- _THE PROBLEM_
All of the data must be output without alteration.

- _EXTRACTED INFORMATION_
- Opening Delimiter -

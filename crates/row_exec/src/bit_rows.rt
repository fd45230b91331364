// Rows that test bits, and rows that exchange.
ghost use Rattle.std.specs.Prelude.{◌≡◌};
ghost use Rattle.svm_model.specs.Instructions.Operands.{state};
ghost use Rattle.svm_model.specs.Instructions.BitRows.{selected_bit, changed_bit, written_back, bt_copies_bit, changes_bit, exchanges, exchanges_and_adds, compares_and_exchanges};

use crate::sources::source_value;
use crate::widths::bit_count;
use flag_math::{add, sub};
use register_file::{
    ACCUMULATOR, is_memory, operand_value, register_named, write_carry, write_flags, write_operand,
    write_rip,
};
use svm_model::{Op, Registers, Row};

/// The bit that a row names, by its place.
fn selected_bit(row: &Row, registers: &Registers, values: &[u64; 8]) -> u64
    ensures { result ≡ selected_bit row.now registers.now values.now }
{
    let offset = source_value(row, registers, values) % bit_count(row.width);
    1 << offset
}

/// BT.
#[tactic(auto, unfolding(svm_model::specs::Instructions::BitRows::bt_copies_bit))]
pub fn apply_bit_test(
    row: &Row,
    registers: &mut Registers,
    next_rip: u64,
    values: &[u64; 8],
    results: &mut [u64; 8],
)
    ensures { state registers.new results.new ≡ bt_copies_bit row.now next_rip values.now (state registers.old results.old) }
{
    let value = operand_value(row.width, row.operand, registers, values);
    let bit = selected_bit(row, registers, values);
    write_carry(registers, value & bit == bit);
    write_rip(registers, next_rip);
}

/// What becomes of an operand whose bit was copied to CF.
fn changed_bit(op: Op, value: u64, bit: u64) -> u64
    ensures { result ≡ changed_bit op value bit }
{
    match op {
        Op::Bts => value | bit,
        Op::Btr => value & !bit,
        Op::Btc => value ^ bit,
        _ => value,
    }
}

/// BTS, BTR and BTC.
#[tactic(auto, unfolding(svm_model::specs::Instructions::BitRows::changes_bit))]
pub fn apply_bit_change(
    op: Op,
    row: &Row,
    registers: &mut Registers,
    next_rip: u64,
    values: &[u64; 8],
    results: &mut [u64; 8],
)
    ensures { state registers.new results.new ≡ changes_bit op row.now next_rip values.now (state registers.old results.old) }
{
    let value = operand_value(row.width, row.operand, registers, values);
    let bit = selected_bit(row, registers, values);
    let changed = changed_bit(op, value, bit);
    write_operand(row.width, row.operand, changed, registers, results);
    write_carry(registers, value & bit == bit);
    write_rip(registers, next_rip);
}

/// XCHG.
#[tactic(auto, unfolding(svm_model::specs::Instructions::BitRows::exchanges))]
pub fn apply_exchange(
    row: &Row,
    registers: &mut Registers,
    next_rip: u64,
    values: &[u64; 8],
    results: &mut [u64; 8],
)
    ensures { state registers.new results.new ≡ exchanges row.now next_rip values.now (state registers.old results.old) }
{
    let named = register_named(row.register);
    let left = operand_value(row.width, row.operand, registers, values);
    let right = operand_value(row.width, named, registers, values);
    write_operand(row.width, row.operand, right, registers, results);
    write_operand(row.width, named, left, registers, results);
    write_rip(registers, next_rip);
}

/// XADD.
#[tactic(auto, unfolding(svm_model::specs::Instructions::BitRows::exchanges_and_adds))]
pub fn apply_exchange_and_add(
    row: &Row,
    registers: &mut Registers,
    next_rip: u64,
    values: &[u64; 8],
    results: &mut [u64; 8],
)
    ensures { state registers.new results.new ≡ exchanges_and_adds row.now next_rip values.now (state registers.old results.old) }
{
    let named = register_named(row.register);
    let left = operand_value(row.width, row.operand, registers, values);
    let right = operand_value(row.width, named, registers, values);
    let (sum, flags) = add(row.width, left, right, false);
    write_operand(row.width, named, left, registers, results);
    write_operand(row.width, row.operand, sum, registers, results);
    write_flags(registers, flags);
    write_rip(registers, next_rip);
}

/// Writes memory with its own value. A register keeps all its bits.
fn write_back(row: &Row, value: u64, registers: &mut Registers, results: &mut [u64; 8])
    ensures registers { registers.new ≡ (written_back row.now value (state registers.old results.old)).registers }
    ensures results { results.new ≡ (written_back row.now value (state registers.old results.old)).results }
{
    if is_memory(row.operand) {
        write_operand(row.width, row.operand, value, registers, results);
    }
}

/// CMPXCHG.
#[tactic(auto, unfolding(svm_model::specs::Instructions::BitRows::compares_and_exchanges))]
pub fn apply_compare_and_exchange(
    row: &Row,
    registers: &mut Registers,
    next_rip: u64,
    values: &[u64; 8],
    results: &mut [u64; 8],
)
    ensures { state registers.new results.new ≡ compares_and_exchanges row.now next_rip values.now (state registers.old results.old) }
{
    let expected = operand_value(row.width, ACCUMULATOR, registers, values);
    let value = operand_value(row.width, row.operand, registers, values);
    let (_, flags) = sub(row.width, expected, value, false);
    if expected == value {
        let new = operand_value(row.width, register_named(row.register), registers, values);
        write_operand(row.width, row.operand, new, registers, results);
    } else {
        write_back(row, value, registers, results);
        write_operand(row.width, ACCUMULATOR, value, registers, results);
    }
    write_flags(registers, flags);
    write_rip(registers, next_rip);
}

- Closing Delimiter -

- _RESULT OF THE EXERCISE_
filename crates/row_exec/src/bit_rows.rt
repository fd45230b91331364
// Rows that test bits, and rows that exchange.
ghost use Rattle.std.specs.Prelude.{◌≡◌};
ghost use Rattle.svm_model.specs.Instructions.Operands.{state};
ghost use Rattle.svm_model.specs.Instructions.BitRows.{selected_bit, changed_bit, written_back, bt_copies_bit, changes_bit, exchanges, exchanges_and_adds, compares_and_exchanges};

use crate::sources::source_value;
use crate::widths::bit_count;
use flag_math::{add, sub};
use register_file::{
    ACCUMULATOR, is_memory, operand_value, register_named, write_carry, write_flags, write_operand,
    write_rip,
};
use svm_model::{Op, Registers, Row};

/// The bit that a row names, by its place.
fn selected_bit(row: &Row, registers: &Registers, values: &[u64; 8]) -> u64
    ensures { result ≡ selected_bit row.now registers.now values.now }
{
    let offset = source_value(row, registers, values) % bit_count(row.width);
    1 << offset
}

/// BT.
#[tactic(auto, unfolding(svm_model::specs::Instructions::BitRows::bt_copies_bit))]
pub fn apply_bit_test(
    row: &Row,
    registers: &mut Registers,
    next_rip: u64,
    values: &[u64; 8],
    results: &mut [u64; 8],
)
    ensures { state registers.new results.new ≡ bt_copies_bit row.now next_rip values.now (state registers.old results.old) }
{
    let value = operand_value(row.width, row.operand, registers, values);
    let bit = selected_bit(row, registers, values);
    write_carry(registers, value & bit == bit);
    write_rip(registers, next_rip);
}

/// What becomes of an operand whose bit was copied to CF.
fn changed_bit(op: Op, value: u64, bit: u64) -> u64
    ensures { result ≡ changed_bit op value bit }
{
    match op {
        Op::Bts => value | bit,
        Op::Btr => value & !bit,
        Op::Btc => value ^ bit,
        _ => value,
    }
}

/// BTS, BTR and BTC.
#[tactic(auto, unfolding(svm_model::specs::Instructions::BitRows::changes_bit))]
pub fn apply_bit_change(
    op: Op,
    row: &Row,
    registers: &mut Registers,
    next_rip: u64,
    values: &[u64; 8],
    results: &mut [u64; 8],
)
    ensures { state registers.new results.new ≡ changes_bit op row.now next_rip values.now (state registers.old results.old) }
{
    let value = operand_value(row.width, row.operand, registers, values);
    let bit = selected_bit(row, registers, values);
    let changed = changed_bit(op, value, bit);
    write_operand(row.width, row.operand, changed, registers, results);
    write_carry(registers, value & bit == bit);
    write_rip(registers, next_rip);
}

/// XCHG.
#[tactic(auto, unfolding(svm_model::specs::Instructions::BitRows::exchanges))]
pub fn apply_exchange(
    row: &Row,
    registers: &mut Registers,
    next_rip: u64,
    values: &[u64; 8],
    results: &mut [u64; 8],
)
    ensures { state registers.new results.new ≡ exchanges row.now next_rip values.now (state registers.old results.old) }
{
    let named = register_named(row.register);
    let left = operand_value(row.width, row.operand, registers, values);
    let right = operand_value(row.width, named, registers, values);
    write_operand(row.width, row.operand, right, registers, results);
    write_operand(row.width, named, left, registers, results);
    write_rip(registers, next_rip);
}

/// XADD.
#[tactic(auto, unfolding(svm_model::specs::Instructions::BitRows::exchanges_and_adds))]
pub fn apply_exchange_and_add(
    row: &Row,
    registers: &mut Registers,
    next_rip: u64,
    values: &[u64; 8],
    results: &mut [u64; 8],
)
    ensures { state registers.new results.new ≡ exchanges_and_adds row.now next_rip values.now (state registers.old results.old) }
{
    let named = register_named(row.register);
    let left = operand_value(row.width, row.operand, registers, values);
    let right = operand_value(row.width, named, registers, values);
    let (sum, flags) = add(row.width, left, right, false);
    write_operand(row.width, named, left, registers, results);
    write_operand(row.width, row.operand, sum, registers, results);
    write_flags(registers, flags);
    write_rip(registers, next_rip);
}

/// Writes memory with its own value. A register keeps all its bits.
fn write_back(row: &Row, value: u64, registers: &mut Registers, results: &mut [u64; 8])
    ensures registers { registers.new ≡ (written_back row.now value (state registers.old results.old)).registers }
    ensures results { results.new ≡ (written_back row.now value (state registers.old results.old)).results }
{
    if is_memory(row.operand) {
        write_operand(row.width, row.operand, value, registers, results);
    }
}

/// CMPXCHG.
#[tactic(auto, unfolding(svm_model::specs::Instructions::BitRows::compares_and_exchanges))]
pub fn apply_compare_and_exchange(
    row: &Row,
    registers: &mut Registers,
    next_rip: u64,
    values: &[u64; 8],
    results: &mut [u64; 8],
)
    ensures { state registers.new results.new ≡ compares_and_exchanges row.now next_rip values.now (state registers.old results.old) }
{
    let expected = operand_value(row.width, ACCUMULATOR, registers, values);
    let value = operand_value(row.width, row.operand, registers, values);
    let (_, flags) = sub(row.width, expected, value, false);
    if expected == value {
        let new = operand_value(row.width, register_named(row.register), registers, values);
        write_operand(row.width, row.operand, new, registers, results);
    } else {
        write_back(row, value, registers, results);
        write_operand(row.width, ACCUMULATOR, value, registers, results);
    }
    write_flags(registers, flags);
    write_rip(registers, next_rip);
}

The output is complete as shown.